Financial adviser, Lakeville

I'm an avid shipwreck diver, and in scuba diving, we practice the 3 R rule: "Regain control. Respond. React." If I were to give one piece of advice and reiterate what I am doing with clients every day it's to practice the 3 R rule. DARRYL DAHLHEIMER

Program director, LSS Financial Counseling, Minneapolis

"Watch out!" In any downturning economy where people are desperate, the market provides many scam artists willing to leverage that fear and worry. One concrete example is the rescue scams in the foreclosure market. Another is the return of credit-repair offers.

NATHAN DUNGAN

Share Save Spend, Minneapolis

Make sure your values are in alignment with your money decisions. Do your money choices reflect the values that are most important to you? This is often overlooked, but it is critical to ensure short- and long-term financial success. Incorporate these beliefs into a values-based budget and use it as your road-map for all future money decisions.

KURT DURRWACHTER

Laraway Financial Advisors, St. Cloud

Start thinking of yourself as the CEO of the Smith Family Inc. In a corporation, the term "cash is king" holds true more now than ever. With credit lines tight and jobs on the line, if you are the CEO of your family, you need to ask yourself: "How long would we survive if our income sources dried up?" If the answer is "less than a year" or "I have no idea," then it's time to get brutally honest and think about what's truly important. Put on your CEO hat. Cut spending, reduce bad debt and increase savings.

RUTH HAYDEN

Financial educator and author, St.

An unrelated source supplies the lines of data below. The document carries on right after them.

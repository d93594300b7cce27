//! Why a disk is not opened.
ghost use Rattle.std.specs.Prelude.{◌≡◌};
ghost use Rattle.fast_recovery.specs.declared.fault.OpenFault.TheVariants.{Disk, Memory as MemoryWants, NotFormatted, Damaged};
ghost use Rattle.fast_recovery.specs.Faults.{fault_of};

use chunk_map::MapFault;
use ids_base::memory::Memory;
use ids_base::status::Place;
use ids_outside::DiskFault;
use thiserror::Error;

/// A disk is not opened.
#[derive(Clone, Copy, Debug, Drop, PartialEq, Eq, Error)]
pub enum OpenFault {
    /// The disk failed.
    #[error("the disk failed")]
    Disk,
    /// Memory was wanting.
    #[error("out of memory")]
    Memory,
    /// The disk has no identity, or no checkpoint page is open.
    #[error("the disk is not formatted")]
    NotFormatted,
    /// The disk is formatted and damaged; the first place.
    #[error("the disk is damaged")]
    Damaged(Place),
    /// A transaction is open in the log, which has no block left for its ROLLBACK.
    #[error("the log is full")]
    LogFull,
}

impl From<DiskFault> for OpenFault {
    ghost from_gives = { λ _ e. e ≡ Disk };

    fn from(_fault: DiskFault) -> OpenFault {
        OpenFault::Disk
    }
}

impl From<Memory> for OpenFault {
    ghost from_gives = { λ _ e. e ≡ MemoryWants };

    fn from(_want: Memory) -> OpenFault {
        OpenFault::Memory
    }
}

impl From<MapFault> for OpenFault {
    ghost from_gives = { λ m e. e ≡ fault_of m };

    fn from(fault: MapFault) -> OpenFault {
        match fault {
            MapFault::NotFormatted => OpenFault::NotFormatted,
            MapFault::Damaged(place) => OpenFault::Damaged(place),
            MapFault::Disk => OpenFault::Disk,
        }
    }
}
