//! The names of tables.
ghost use Rattle.std.specs.Prelude.{◌≡◌, OnOk, option_copied};
ghost use Rattle.std.specs.FinMap as map;

use ids_base::memory::Memory;
use ids_base::name::Name;
use ids_base::numbers::TableNo;
use std::alloc::Global;
use std::collections::BTreeMap;
use std::marker::Model;

/// The name of each table, by number. Contracts see the finite map.
#[derive(Drop)]
pub(crate) struct TableNames {
    names: BTreeMap<TableNo, Name>,
}

impl Model for TableNames {
    ghost use Rattle.std.specs.FinMap as map;
    ghost use Rattle.fast_recovery.specs.Codes.{coded_names};
    ghost use Rattle.fast_recovery.specs.Reading.{Names};

    ghost Value = { Names };

    ghost coded = { coded_names };

    ghost view = { λ a. map.from_entries a.names.entries };
}

impl TableNames {
    /// No number has a name. Takes no memory.
    pub(crate) fn new(alloc: Global) -> TableNames
        ensures { result ≡ map.empty }
    {
        TableNames {
            names: BTreeMap::new(alloc),
        }
    }

    /// The name of the table with a number, if it has one, in logarithmic time.
    pub(crate) fn get(&self, number: TableNo) -> Option<&Name>
        ensures { option_copied result ≡ map.get self.now number }
    {
        self.names.get(&number)
    }

    /// Gives a number its name, in logarithmic time.
    pub(crate) fn set(&mut self, number: TableNo, name: Name) -> Result<(), Memory>
        ensures { OnOk result (self.new ≡ map.insert self.old number name) }
    {
        self.names.insert(number, name)?;
        Ok(())
    }
}
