//! The rows in slots.
ghost use Rattle.std.specs.Prelude.{◌≡◌, OnOk, option_copied};
ghost use Rattle.std.specs.FinMap.{empty, entries};
ghost use Rattle.ids_model.specs.Slots.{slot_at, set_slot};

use ids_base::memory::Memory;
use ids_base::row_bytes::RowBytes;
use std::alloc::Global;
use std::collections::BTreeMap;
use std::collections::btree_map::Iter;
use std::marker::Model;

/// The slots that hold a row. Contracts see the finite map from row id to the bytes of the row.
#[derive(Drop)]
pub struct FilledSlots {
    rows: BTreeMap<u32, RowBytes>,
}

impl Model for FilledSlots {
    ghost use Rattle.std.specs.FinMap as map;
    ghost use Rattle.fast_recovery.specs.Codes.{coded_slots};
    ghost use Rattle.ids_model.specs.Slots.{Slots};

    ghost Value = { Slots };

    ghost coded = { coded_slots };

    ghost view = { λ a. map.from_entries a.rows.entries };
}

impl FilledSlots {
    /// No slot holds a row. Takes no memory.
    pub fn new(alloc: Global) -> FilledSlots
        ensures { result ≡ empty }
    {
        FilledSlots {
            rows: BTreeMap::new(alloc),
        }
    }

    /// The bytes of the row in a slot, if it holds one, in logarithmic time.
    pub fn get(&self, slot: u32) -> Option<&[u8]>
        ensures { option_copied result ≡ slot_at self.now slot }
    {
        match self.rows.get(&slot) {
            None => None,
            Some(row) => Some(row.bytes()),
        }
    }

    /// All rows, with their row ids and by row id.
    pub fn iter(&self) -> Iter<'_, u32, RowBytes>
        ensures { result ≡ entries self.now }
    {
        self.rows.iter()
    }

    /// Puts a row into a slot, or empties it, in logarithmic time.
    pub fn set(&mut self, slot: u32, row: Option<RowBytes>) -> Result<(), Memory>
        ensures { OnOk result (self.new ≡ set_slot self.old slot row) }
    {
        match row {
            None => self.empty(slot),
            Some(row) => self.fill(slot, row)?,
        }
        Ok(())
    }

    fn empty(&mut self, slot: u32)
        ensures { self.new ≡ set_slot self.old slot None }
    {
        self.rows.remove(&slot);
    }

    fn fill(&mut self, slot: u32, row: RowBytes) -> Result<(), Memory>
        ensures { OnOk result (self.new ≡ set_slot self.old slot (Some row)) }
    {
        self.rows.insert(slot, row)?;
        Ok(())
    }
}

Paul

Managing fear is the key to dealing with this "new normal." Fearful people are inactive people or reactive people. Taking actions such as getting your resume updated -- even if you have a job -- will make you feel more confident. Save any extra dollars, even if you eat macaroni and cheese several nights a week. A stash of cash -- large or small -- helps manage fear. Fear also destroys creativity. Ideas for dealing with a difficult situation need the highest amount of creativity. Creativity will help you deal with what is, rather than living in fear and frustration over what was.

MARTHA POMERANTZ

Investment principal, Lowry Hill Investment Advisors, Minneapolis:

Move away from the investment portfolio that says you have to have 20 percent in bonds and 80 percent in equities. It isn't about that. It's about how much do you have to have off on the sidelines to make sure you can make it from here to there so you don't make a bad decision when the market comes down.